*PROBLEM DETAILS*:
Read through the data and report every line in which the word "KeyState" occurs.

*DATA*:
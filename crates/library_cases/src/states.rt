ghost use Rattle.std.specs.Prelude.{◌<◌};

use crate::steps::Called;
use beam_values::{List, Value};
use case_files::{Case, read_value};
use keyed_state::KeyState;

impl Called for KeyState {
    fn call(&mut self, name: &str, case: &mut Case<'_>) {
        match name {
            "copy" => copy(self, case),
            "set_number" => {
                let cell = case.name();
                let number = case.number();
                self.set_number(cell, number);
            }
            "set_bytes" => set_bytes(self, case),
            "add" => add(self, case),
            "clear" => {
                let cell = case.name();
                self.clear(cell);
            }
            "number" => {
                let cell = case.name();
                case.say_some(self.number(cell));
            }
            "bytes" => say_bytes(self, case),
            "bag" => say_bag(self, case),
            _ => case.fail("a state has no such call"),
        }
    }
}

fn copy(state: &mut KeyState, case: &mut Case<'_>) {
    match state.copy() {
        Ok(copy) => *state = copy,
        Err(refused) => case.no_memory(refused),
    }
}

fn set_bytes(state: &mut KeyState, case: &mut Case<'_>) {
    let cell = case.name();
    let bytes = case.text();
    if let Err(refused) = state.set_bytes(cell, bytes.as_slice()) {
        case.no_memory(refused);
    }
}

fn add(state: &mut KeyState, case: &mut Case<'_>) {
    let cell = case.name();
    let value = read_value(case);
    if let Err(refused) = state.add(cell, value) {
        case.no_memory(refused);
    }
}

fn say_bytes(state: &KeyState, case: &mut Case<'_>) {
    let cell = case.name();
    match state.bytes(cell) {
        Some(bytes) => case.say_text(bytes),
        None => case.say("none"),
    }
}

fn say_bag(state: &KeyState, case: &mut Case<'_>) {
    let cell = case.name();
    match state.bag(cell) {
        Ok(Some(values)) => say_values(&values, case),
        Ok(None) => case.say("none"),
        Err(refused) => case.no_memory(refused),
    }
}

fn say_values(values: &List<Value>, case: &mut Case<'_>) {
    for value in values.as_slice() {
        case.say_value(value);
    }
}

*SOLVED PROBLEM*:
use keyed_state::KeyState;
impl Called for KeyState {
fn copy(state: &mut KeyState, case: &mut Case<'_>) {
fn set_bytes(state: &mut KeyState, case: &mut Case<'_>) {
fn add(state: &mut KeyState, case: &mut Case<'_>) {
fn say_bytes(state: &KeyState, case: &mut Case<'_>) {
fn say_bag(state: &KeyState, case: &mut Case<'_>) {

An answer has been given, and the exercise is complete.